Heather

Hi.

I'm Heather, a Registered Dietitian from Vancouver, Canada. Welcome to my blog. I'm so excited to share my favourite recipes and chat about nutrition with you! 

Miso Ginger Dressing

Miso Ginger Dressing

This is one of my go-to dressings. I try to make my own salad dressings as often as I can to avoid the added preservatives, sugar, and so that I know what's going into it. It's easy to maximize flavour and nutrition when you use high quality ingredients, and maximal flavour means a little dressing can go a long way!

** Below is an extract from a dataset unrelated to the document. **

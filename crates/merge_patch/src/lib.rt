//! JSON Merge Patch (RFC 7386, now RFC 7396).
#![tactic(auto)]

mod merging;

pub use merging::merge;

This asian-inspired dressing is full of flavour, but also pretty high in salt - something that's good to be aware of! It's a nice change from sweeter balsamic-based dressings. 

Ingredients: 

  • 1/3 cup rice vinegar (unseasoned)
  • 2 Tbsp extra virgin olive oil, avocado oil, or other vegetable oil of choice. 
  • 2 Tbsp toasted sesame oil
  • 1 Tbsp honey or agave
  • 1 Tbsp miso paste*
  • 1 Tbsp low-sodium tamari or soy sauce*
  • Approx. 2 Tbsp grated ginger
  • 1 clove of garlic, minced

*if you have Celiac disease make sure these ingredients are gluten-free

Instructions: 

  1. Mince the garlic, grate the ginger using a zester or fine grater
  2. Put all the ingredients into a blender and blend for ~ 30 seconds until thoroughly mixed
  3. Transfer to an air-tight container and store in the fridge for up to a week

I really like this dressing on my Omega Lunch Salad, but it also goes well on mixed greens with grated carrots and beets with grilled tofu and cilantro.